Chaque fois qu’il grimpait, jour après jour, de plus en plus haut, nous avions peur qu’il tombe, mais bien heureusement ce n’est jamais arrivé.

Nous ne savions pas, mais nous pensions toujours qu’après être redescendu et avant de retourner à Chadrat, qu’il avait du être obligé de « cavaler » un bon moment afin de rassembler tout son troupeau, mais aussi d’aller trouver ses copains dans le village afin de leur faire un compte rendu des « merveilles » qu’il avait eu la chance de voir mais … pas eux

Michel F

Michel, « La mémoire du Club » comme nous l’appelons ici, que nous saluons aujourd’hui par un clin d’œil avec une anecdote, parmi d’autres à venir.

Pionnier, inscrit au Club du Soleil de Clermont-Ferrand depuis le 24 Novembre 1963, initiateur et concepteur de l’exposition sur l’histoire du club à la salle d’animation et tant d’autres choses pour le club et notre mémoire .
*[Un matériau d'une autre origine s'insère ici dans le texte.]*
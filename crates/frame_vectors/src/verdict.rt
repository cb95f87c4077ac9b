//! The verdict on a frame, as the files write it.
use frame::reader::read;
use frame_logs::line::Line;
use frame_logs::standing::NoHexadecimal;
use protocol::refusal::FrameFault;
use std::fmt;
use tally::kind::Tally;

/// Why a line is no lawful frame.
#[derive(Clone, Copy)]
pub enum Unlawful {
    /// The frame is refused.
    Refused(FrameFault),
    /// The line is no hexadecimal.
    NoHexadecimal,
}

impl From<FrameFault> for Unlawful {
    fn from(fault: FrameFault) -> Unlawful {
        Unlawful::Refused(fault)
    }
}

impl From<NoHexadecimal> for Unlawful {
    fn from(_why: NoHexadecimal) -> Unlawful {
        Unlawful::NoHexadecimal
    }
}

impl fmt::Display for Unlawful {
    fn fmt<W: fmt::Write>(&self, f: &mut fmt::Formatter<W>) -> fmt::Result {
        match self {
            Unlawful::Refused(fault) => {
                write!(f, "{:02x} {:04x}", fault.condition.number(), fault.place)?;
                match fault.condition.inside() {
                    Some(inside) => write!(f, " {inside:02x}"),
                    None => Ok(()),
                }
            }
            Unlawful::NoHexadecimal => write!(f, "no hexadecimal"),
        }
    }
}

/// Reads a frame in hexadecimal; the verdict is whether it is lawful.
pub fn judge<K: Tally>(digits: &[u8]) -> Result<(), Unlawful> {
    let mut line = Line::empty();
    for byte in digits {
        line.take(*byte);
    }
    read::<K>(line.bytes()?)?;
    Ok(())
}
En 1963 Michel fait parti du groupe de clermontois naturistes, qui prospecte la région clermontoise à la recherche d’un terrain propice à la pratique du naturisme.

Une parcelle de terrain de deux hectares et demi est retenue sur la commune de Saint-Saturnin à Chadrat. Le groupe adhère au Club du Soleil de Paris et devient la « Section Clermontoise » du Club du Soleil.

Les membres de l’association s’affairent et créent les premiers aménagements pour transformer le terrain en lieu de vie.